■ **WORK TO COMPLETE**: In the records below, find the line holding "each child is" and the line holding "popped_child ws (n". Set down both, with every line between them, exactly.
______________________________
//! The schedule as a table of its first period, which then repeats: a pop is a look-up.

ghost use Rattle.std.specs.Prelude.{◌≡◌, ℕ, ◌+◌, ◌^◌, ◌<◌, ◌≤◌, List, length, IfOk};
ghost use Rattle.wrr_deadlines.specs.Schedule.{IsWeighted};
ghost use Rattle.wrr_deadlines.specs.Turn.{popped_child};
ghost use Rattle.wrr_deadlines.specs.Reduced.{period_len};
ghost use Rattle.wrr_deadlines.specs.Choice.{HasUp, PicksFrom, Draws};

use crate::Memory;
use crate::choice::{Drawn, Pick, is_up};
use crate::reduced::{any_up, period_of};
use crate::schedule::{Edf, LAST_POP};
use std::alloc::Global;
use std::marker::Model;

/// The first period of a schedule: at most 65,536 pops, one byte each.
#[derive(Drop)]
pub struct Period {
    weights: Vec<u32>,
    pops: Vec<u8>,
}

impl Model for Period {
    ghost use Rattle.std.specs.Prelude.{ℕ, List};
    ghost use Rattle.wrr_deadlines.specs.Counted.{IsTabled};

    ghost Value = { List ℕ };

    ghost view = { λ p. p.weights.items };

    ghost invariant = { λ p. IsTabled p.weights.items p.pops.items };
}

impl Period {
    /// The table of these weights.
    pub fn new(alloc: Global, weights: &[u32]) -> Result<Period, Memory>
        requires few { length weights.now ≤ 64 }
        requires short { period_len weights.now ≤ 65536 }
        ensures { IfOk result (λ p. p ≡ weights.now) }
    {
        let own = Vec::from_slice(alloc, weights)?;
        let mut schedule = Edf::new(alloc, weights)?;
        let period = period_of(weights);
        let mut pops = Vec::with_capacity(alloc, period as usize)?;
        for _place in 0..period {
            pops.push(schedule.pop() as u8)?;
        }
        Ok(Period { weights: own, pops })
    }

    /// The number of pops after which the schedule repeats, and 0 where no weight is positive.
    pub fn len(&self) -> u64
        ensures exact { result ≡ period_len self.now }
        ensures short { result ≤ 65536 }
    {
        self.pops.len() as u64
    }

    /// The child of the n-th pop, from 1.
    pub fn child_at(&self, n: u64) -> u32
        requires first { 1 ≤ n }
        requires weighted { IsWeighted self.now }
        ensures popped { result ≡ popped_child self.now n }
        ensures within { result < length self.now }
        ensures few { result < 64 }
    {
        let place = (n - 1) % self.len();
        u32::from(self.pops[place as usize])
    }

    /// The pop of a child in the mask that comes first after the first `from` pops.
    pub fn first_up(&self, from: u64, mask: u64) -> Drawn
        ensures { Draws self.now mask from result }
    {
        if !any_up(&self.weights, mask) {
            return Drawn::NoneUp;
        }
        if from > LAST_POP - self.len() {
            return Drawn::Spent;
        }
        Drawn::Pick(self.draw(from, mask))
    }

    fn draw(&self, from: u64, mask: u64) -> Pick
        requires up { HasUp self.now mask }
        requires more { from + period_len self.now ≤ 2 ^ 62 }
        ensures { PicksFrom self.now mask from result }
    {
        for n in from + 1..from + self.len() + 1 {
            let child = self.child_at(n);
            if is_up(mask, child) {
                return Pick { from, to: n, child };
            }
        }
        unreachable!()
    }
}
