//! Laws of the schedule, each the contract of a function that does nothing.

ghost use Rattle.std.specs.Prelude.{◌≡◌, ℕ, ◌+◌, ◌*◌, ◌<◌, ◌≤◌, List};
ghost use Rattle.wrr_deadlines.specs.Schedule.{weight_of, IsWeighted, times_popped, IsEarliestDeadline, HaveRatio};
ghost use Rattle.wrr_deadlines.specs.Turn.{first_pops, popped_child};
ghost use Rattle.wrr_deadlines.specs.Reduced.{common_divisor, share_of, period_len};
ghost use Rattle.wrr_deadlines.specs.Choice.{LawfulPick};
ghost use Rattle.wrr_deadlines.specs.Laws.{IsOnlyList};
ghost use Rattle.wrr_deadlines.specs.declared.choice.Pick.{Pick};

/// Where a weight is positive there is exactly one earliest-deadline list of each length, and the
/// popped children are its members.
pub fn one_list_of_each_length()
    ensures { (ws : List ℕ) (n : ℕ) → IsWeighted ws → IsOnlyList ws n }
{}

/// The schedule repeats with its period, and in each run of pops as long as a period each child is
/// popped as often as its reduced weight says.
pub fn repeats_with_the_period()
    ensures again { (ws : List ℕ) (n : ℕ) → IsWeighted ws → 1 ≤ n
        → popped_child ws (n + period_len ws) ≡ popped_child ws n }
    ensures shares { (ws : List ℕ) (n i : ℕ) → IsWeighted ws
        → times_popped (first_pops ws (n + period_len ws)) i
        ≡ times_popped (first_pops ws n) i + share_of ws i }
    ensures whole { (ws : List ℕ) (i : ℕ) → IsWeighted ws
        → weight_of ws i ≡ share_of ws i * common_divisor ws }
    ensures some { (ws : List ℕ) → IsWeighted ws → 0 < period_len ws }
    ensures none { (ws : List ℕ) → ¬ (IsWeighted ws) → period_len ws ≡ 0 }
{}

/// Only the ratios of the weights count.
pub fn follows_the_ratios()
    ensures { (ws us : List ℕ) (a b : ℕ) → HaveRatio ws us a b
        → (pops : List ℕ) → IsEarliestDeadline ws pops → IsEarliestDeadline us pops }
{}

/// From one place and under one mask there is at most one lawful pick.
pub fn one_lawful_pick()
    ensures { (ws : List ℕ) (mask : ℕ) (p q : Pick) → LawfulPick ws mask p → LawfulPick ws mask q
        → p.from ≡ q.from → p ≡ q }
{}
______________________________
■ **ANSWER FOR THE TASK**:
/// The schedule repeats with its period, and in each run of pops as long as a period each child is
/// popped as often as its reduced weight says.
pub fn repeats_with_the_period()
    ensures again { (ws : List ℕ) (n : ℕ) → IsWeighted ws → 1 ≤ n
        → popped_child ws (n + period_len ws) ≡ popped_child ws n }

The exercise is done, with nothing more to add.